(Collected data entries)

········

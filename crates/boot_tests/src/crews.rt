//! Elements, alarms, jobs and a device on real objects and threads.
ghost use Rattle.std.specs.Prelude.{◌≡◌, ◌+◌, ◌%◌, ◌^◌, false, vec_len};
ghost use Rattle.std.specs.Thread.{IsSync};
ghost use Rattle.proc_chain.specs.Handles.{turn_of, world_of, IsEndOf};
ghost use Rattle.quajects.specs.Ports.{IsEndAt, IsUnused};
ghost use Rattle.claim_queue.specs.Handles.{view_of};
ghost use Rattle.quajects.specs.Raws.{end_of};
ghost use Rattle.thread_table.specs.Handles.{IsHandOf};
ghost use Rattle.spsc_line.specs.Lines.{SameIn, SameOut};

use arrayvec::ArrayVec;
use boot_threads::*;
use claim_queue::{ClaimQueue, QueueEnd, TakeRefusal};
use event_theory::{Alarm, Element, Signal};
use meters::Meters;
use proc_chain::{ChainEnd, ProcChain};
use quajects::{AnyQuaject, CookedTty, Home, Queues, RawTty, retire};
use spsc_line::{LineIn, LineOut, finish, line};
use std::alloc::Global;
use std::panic::Expect;
use std::process::Abort;
use std::sync::{Barrier, Wait};
use std::thread;
use std::thread::Threads;
use thread_table::{Hand, NextRefusal, ThreadTable};

type Chain = ProcChain<AnyQuaject>;

/// An alarm with this tick, for this element.
fn alarm_at(due: u32, element: u8) -> Alarm {
    Alarm {
        due,
        element: Element::new(element).unwrap_or_default(),
        signal: Signal::default(),
    }
}

/// The alarms of a plan are pending once all are set: the due ones fire, in the order in which they were set.
#[test]
fn alarms_stand(rt: HostRuntime) {
    let (meters, seat) = Meters::new(rt.alloc(), 0).expect(&rt, "memory");
    let alarms = [alarm_at(0, 3), alarm_at(2, 4), alarm_at(0, 5)];
    let mut seat = set_alarms(&rt, &meters, seat, &alarms);
    let fired = meters.due(&mut seat);
    assert!(rt; fired.as_slice() == [alarm_at(0, 3), alarm_at(0, 5)].as_slice());
    let Ok(metered) = meters.close(seat) else {
        panic!(rt; "close")
    };
    assert!(rt; metered.alarms.as_slice() == [alarm_at(2, 4)].as_slice());
}

/// Takes all free elements from this number on, and returns whether they came in their order, and no other.
fn are_free_from(threads: &ThreadTable, hand: &mut Hand, first: u8) -> bool
    requires { IsHandOf threads.now hand.old }
{
    let mut in_order = true;
    for number in first..64 {
        in_order &= threads.try_free(hand).map(Element::number) == Ok(number);
    }
    in_order && threads.try_free(hand).is_err()
}

/// Takes so many ready elements, and returns whether they are the first ones, in their order.
fn are_ready_to(threads: &ThreadTable, hand: &mut Hand, end: u8) -> bool
    requires { IsHandOf threads.now hand.old }
    ensures { IsHandOf threads.now hand.new }
{
    let mut in_order = true;
    for number in 0..end {
        in_order &= threads.try_next(hand).map(Element::number) == Ok(number);
    }
    in_order
}

/// The elements of three threads are ready in their order, and the other 61 are free, in theirs.
#[test]
fn three_threads_are_ready(rt: HostRuntime) {
    let (threads, hand) = ThreadTable::new(rt.alloc()).expect(&rt, "memory");
    let mut hand = prepare(&rt, &threads, hand, 3);
    assert!(rt; are_ready_to(&threads, &mut hand, 3));
    assert!(rt; threads.try_next(&mut hand) == Err(NextRefusal::NoneReady));
    assert!(rt; are_free_from(&threads, &mut hand, 3));
}

/// A raw queue, a line queue with a reader, and a screen queue, with an end of each for a cooked tty.
#[derive(Drop)]
struct Typing {
    queues: Queues,
    raw: QueueEnd<64>,
    device: QueueEnd<64>,
    line: QueueEnd<256>,
    reader: QueueEnd<256>,
    screen: QueueEnd<256>,
    ghost raw_at: { IsEndAt queues.small.items 0 raw × IsUnused (view_of raw) },
    ghost device_at: { IsEndAt queues.small.items 0 device × IsUnused (view_of device) },
    ghost line_at: { IsEndAt queues.large.items 0 line × IsUnused (view_of line) },
    ghost reader_at: { IsEndAt queues.large.items 0 reader × IsUnused (view_of reader) },
    ghost screen_at: { IsEndAt queues.large.items 1 screen × IsUnused (view_of screen) },
}

fn tty_queues<R: Abort>(rt: &R, alloc: Global) -> Typing {
    let (raws, mut raw) = ClaimQueue::new(alloc, 0).expect(rt, "memory");
    let device = raws.split(&mut raw);
    let (lines, mut line) = ClaimQueue::new(alloc, 0).expect(rt, "memory");
    let reader = lines.split(&mut line);
    let (screens, screen) = ClaimQueue::new(alloc, 0).expect(rt, "memory");
    let mut small = Vec::new(alloc);
    small.push(raws).expect(rt, "memory");
    let mut large = Vec::new(alloc);
    large.push(lines).expect(rt, "memory");
    large.push(screens).expect(rt, "memory");
    Typing {
        queues: Queues { small, large },
        raw,
        device,
        line,
        reader,
        screen,
    }
}

/// A cooked tty in its chain, with its device, another end of the chain, and a reader of its lines.
#[derive(Drop)]
struct Cooked {
    queues: Queues,
    chain: Chain,
    end: ChainEnd<AnyQuaject>,
    tty: RawTty,
    reader: QueueEnd<256>,
    ghost over: { world_of chain ≡ queues },
    ghost tty_at: { IsEndAt queues.small.items tty.index (end_of tty) },
    ghost reader_at: { IsEndAt queues.large.items 0 reader },
}

#[tactic(auto, using(quajects::proofs::Making::made_of_itself))]
fn make_cooked<R: Abort>(rt: &R, alloc: Global) -> Cooked
    ensures end { IsEndOf result.chain result.end × (turn_of result.end ≡ false) }
    ensures tty { IsEndOf result.chain result.tty.chain }
{
    let Typing {
        queues,
        raw,
        device,
        line,
        reader,
        screen,
    } = tty_queues(rt, alloc);
    let cooked = CookedTty::new(0, raw, 0, line, 1, screen);
    let Ok((chain, mut end)) = Chain::new(alloc, 0, AnyQuaject::Cooked(cooked), &queues) else {
        panic!(rt; "no memory")
    };
    let tty = RawTty::new(0, device, chain.split(&mut end));
    Cooked {
        queues,
        chain,
        end,
        tty,
        reader,
    }
}

/// A line of the first line queue.
fn hear_first(
    queues: &Queues,
    reader: &mut QueueEnd<256>,
    heard: &mut ArrayVec<u64, 256>,
) -> Result<usize, TakeRefusal>
    requires { IsEndAt queues.now.large.items 0 reader.old }
{
    heard.clear();
    queues.large[0].try_take_line(reader, heard)
}

/// Types the bytes in one thread, and serves the device in another.
fn type_and_serve<R: Threads + Wait + Sync>(
    rt: &R,
    queues: &Queues,
    chain: &Chain,
    tty: RawTty,
    ends: (LineIn, LineOut),
    bytes: &[u8],
) -> (LineIn, (LineOut, RawTty))
    requires fits { IsEndAt queues.now.small.items tty.index (end_of tty) }
    requires chain { IsEndOf chain.now tty.chain }
    requires world { world_of chain.now ≡ queues.now }
    ensures line { SameIn ends.0 result.0 × SameOut ends.1 result.1.0 }
    ensures chain { IsEndOf chain.now result.1.1.chain × (turn_of result.1.1.chain ≡ false) }
{
    let (input, output) = ends;
    let count = bytes.len();
    thread::join(
        rt,
        move || -> LineIn
            requires { IsSync R.row }
            ensures { SameIn input result }
        { type_bytes(rt, input, bytes) },
        move || -> (LineOut, RawTty)
            requires { IsSync R.row × IsEndAt queues.now.small.items tty.index (end_of tty)
                × IsEndOf chain.now tty.chain × (world_of chain.now ≡ queues.now) }
            ensures { SameOut output result.0 × IsEndOf chain.entry.now result.1.chain
                × (turn_of result.1.chain ≡ false) }
        { serve_device(rt, queues, chain, output, tty, count) },
    )
}

/// Joins the device's end of the chain to the other.
fn join_device(chain: &Chain, end: ChainEnd<AnyQuaject>, tty: RawTty) -> ChainEnd<AnyQuaject>
    requires end { IsEndOf chain.now end × (turn_of end ≡ false) }
    requires tty { IsEndOf chain.now tty.chain }
    ensures { IsEndOf chain.now result × (turn_of result ≡ false) }
{
    let mut end = end;
    let (_device, mine) = tty.into_parts();
    chain.join(&mut end, mine);
    end
}

/// How many notes were chained, how many were run, and how many items were taken and put.
fn counts_of(home: Home) -> (u32, u64, u64, u64) {
    let (_ports, came) = home.take_apart();
    (came.chained(), came.notes(), came.taken(), came.put())
}

/// Joins the device's end of the chain to the other, and closes the chain. Returns how many notes were chained, how
/// many were run, and how many items were taken and put.
fn close_chain<R: Abort>(
    rt: &R,
    chain: Chain,
    end: ChainEnd<AnyQuaject>,
    tty: RawTty,
) -> (u32, u64, u64, u64)
    requires end { IsEndOf chain end × (turn_of end ≡ false) }
    requires tty { IsEndOf chain tty.chain }
{
    let end = join_device(&chain, end, tty);
    let Ok(home) = retire(chain, end) else {
        panic!(rt; "close")
    };
    counts_of(home)
}

/// The bytes that are typed: five of them, forty times over.
fn typed_bytes<R: Abort>(rt: &R, alloc: Global) -> Vec<u8> {
    [97, 98, 127, 99, 10].repeat(alloc, 40).expect(rt, "memory")
}

/// Asserts that the next line of the first line queue has these items.
fn assert_heard<R: Abort>(rt: &R, queues: &Queues, reader: &mut QueueEnd<256>, wanted: &[u64])
    requires { IsEndAt queues.now.large.items 0 reader.old }
{
    let mut heard = ArrayVec::new();
    assert!(rt; hear_first(queues, reader, &mut heard) == Ok(wanted.len()));
    assert!(rt; heard.as_slice() == wanted);
}

/// Two hundred bytes go over a line of 64 places, and come out cooked.
#[test]
fn typed_bytes_arrive(rt: HostRuntime) {
    let Cooked {
        queues,
        chain,
        end,
        tty,
        mut reader,
    } = make_cooked(&rt, rt.alloc());
    let ends = line(rt.alloc(), 64).expect(&rt, "memory");
    let bytes = typed_bytes(&rt, rt.alloc());
    let bytes = bytes.as_slice();
    let (input, (output, tty)) = type_and_serve(&rt, &queues, &chain, tty, ends, bytes);
    let totals = finish(input, output);
    assert!(rt; (totals.sent, totals.received, totals.left) == (200, 200, 0));
    assert!(rt; tty.overruns() == 0);
    assert!(rt; close_chain(&rt, chain, end, tty) == (200, 200, 200, 240));
    assert_heard(&rt, &queues, &mut reader, [97, 99, 10].as_slice());
}

/// A job that meets the others, and returns its number with what all share added.
#[derive(Drop)]
struct Meet(u64);

#[derive(Drop)]
struct Meeting {
    barrier: Barrier,
    add: u64,
}

impl Job<Meeting, u64> for Meet {
    ghost may_run = { λ shared job. Unit {0} };

    ghost gives = { λ shared job back. back ≡ (job.0 + shared.add) % 2 ^ 64 };

    fn run<R: Wait>(self, rt: &R, shared: &Meeting) -> u64 {
        let Meet(number) = self;
        let _leads = shared.barrier.wait(rt);
        number.wrapping_add(shared.add)
    }
}

/// Jobs with the numbers from 0 to 3.
fn four_jobs<R: Abort>(rt: &R, alloc: Global) -> Vec<Meet>
    ensures { vec_len result ≡ 4 }
{
    let mut jobs = Vec::new(alloc);
    jobs.push(Meet(0)).expect(rt, "memory");
    jobs.push(Meet(1)).expect(rt, "memory");
    jobs.push(Meet(2)).expect(rt, "memory");
    jobs.push(Meet(3)).expect(rt, "memory");
    jobs
}

/// Four jobs meet, which they can only in four threads, and their results are in their order.
#[test]
fn jobs_meet(rt: HostRuntime) {
    let shared = Meeting {
        barrier: Barrier::new(4),
        add: 10,
    };
    let jobs = four_jobs(&rt, rt.alloc());
    let handles = Vec::with_capacity(rt.alloc(), 4).expect(&rt, "memory");
    let backs = Vec::with_capacity(rt.alloc(), 4).expect(&rt, "memory");
    let backs = run_all(&rt, &shared, jobs, handles, backs);
    let mut number = 10u64;
    for back in backs {
        assert!(rt; back.ok() == Some(number));
        number = number.wrapping_add(1);
    }
    assert!(rt; number == 14);
}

········

Task description →
Every line from the one with "let mut jobs = Vec::new(alloc);" to the end of the records above should be returned exactly, and no other lines.

Result of this task →
    let mut jobs = Vec::new(alloc);
    jobs.push(Meet(0)).expect(rt, "memory");
    jobs.push(Meet(1)).expect(rt, "memory");
    jobs.push(Meet(2)).expect(rt, "memory");
    jobs.push(Meet(3)).expect(rt, "memory");
    jobs
}

/// Four jobs meet, which they can only in four threads, and their results are in their order.
#[test]
fn jobs_meet(rt: HostRuntime) {
    let shared = Meeting {
        barrier: Barrier::new(4),
        add: 10,
    };
    let jobs = four_jobs(&rt, rt.alloc());
    let handles = Vec::with_capacity(rt.alloc(), 4).expect(&rt, "memory");
    let backs = Vec::with_capacity(rt.alloc(), 4).expect(&rt, "memory");
    let backs = run_all(&rt, &shared, jobs, handles, backs);
    let mut number = 10u64;
    for back in backs {
        assert!(rt; back.ok() == Some(number));
        number = number.wrapping_add(1);
    }
    assert!(rt; number == 14);
}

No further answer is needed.